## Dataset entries
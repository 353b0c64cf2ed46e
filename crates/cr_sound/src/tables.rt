//! Whether tables are such as a store holds.

ghost use Rattle.std.specs.Prelude.{◌≡◌, true, Decides};
ghost use Rattle.std.specs.List.{AllByRecursion, IsDistinct};
ghost use Rattle.cr_cells.specs.Tables.{same_name, IsStored, IsNewTable};
ghost use Rattle.cr_sound.specs.Sound.{has_its_defaults};

use cr_cells::tables::{has_defaults, is_new_table};
use cr_lattice::table::Table;

fn has_its_defaults(table: &Table) -> bool
    ensures { result ≡ has_its_defaults table.now }
{
    !table.is_replicated || has_defaults(&table.definition)
}

// Whether a table is one that a store may add to others, with its defaults if it is replicated.
fn comes_after(others: &[Table], table: &Table) -> bool
    ensures { Decides result (IsNewTable others.now table.now.definition × (has_its_defaults table.now ≡ true)) }
{
    is_new_table(others, &table.definition) && has_its_defaults(table)
}

/// Whether tables have distinct names and definitions that a store takes, and the replicated ones have their defaults.
pub(crate) fn are_stored(tables: &[Table]) -> bool
    ensures { Decides result (IsDistinct same_name tables.now × AllByRecursion IsStored tables.now) }
{
    for (place, table) in tables.iter().enumerate() {
        if !comes_after(&tables[..place], table) {
            return false;
        }
    }
    true
}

## Work instructions
Print, exactly as they appear above, the lines running from the one with "use cr_lattice::table::Table;" through the final line.

## Solution below
use cr_lattice::table::Table;

fn has_its_defaults(table: &Table) -> bool
    ensures { result ≡ has_its_defaults table.now }
{
    !table.is_replicated || has_defaults(&table.definition)
}

// Whether a table is one that a store may add to others, with its defaults if it is replicated.
fn comes_after(others: &[Table], table: &Table) -> bool
    ensures { Decides result (IsNewTable others.now table.now.definition × (has_its_defaults table.now ≡ true)) }
{
    is_new_table(others, &table.definition) && has_its_defaults(table)
}

/// Whether tables have distinct names and definitions that a store takes, and the replicated ones have their defaults.
pub(crate) fn are_stored(tables: &[Table]) -> bool
    ensures { Decides result (IsDistinct same_name tables.now × AllByRecursion IsStored tables.now) }
{
    for (place, table) in tables.iter().enumerate() {
        if !comes_after(&tables[..place], table) {
            return false;
        }
    }
    true
}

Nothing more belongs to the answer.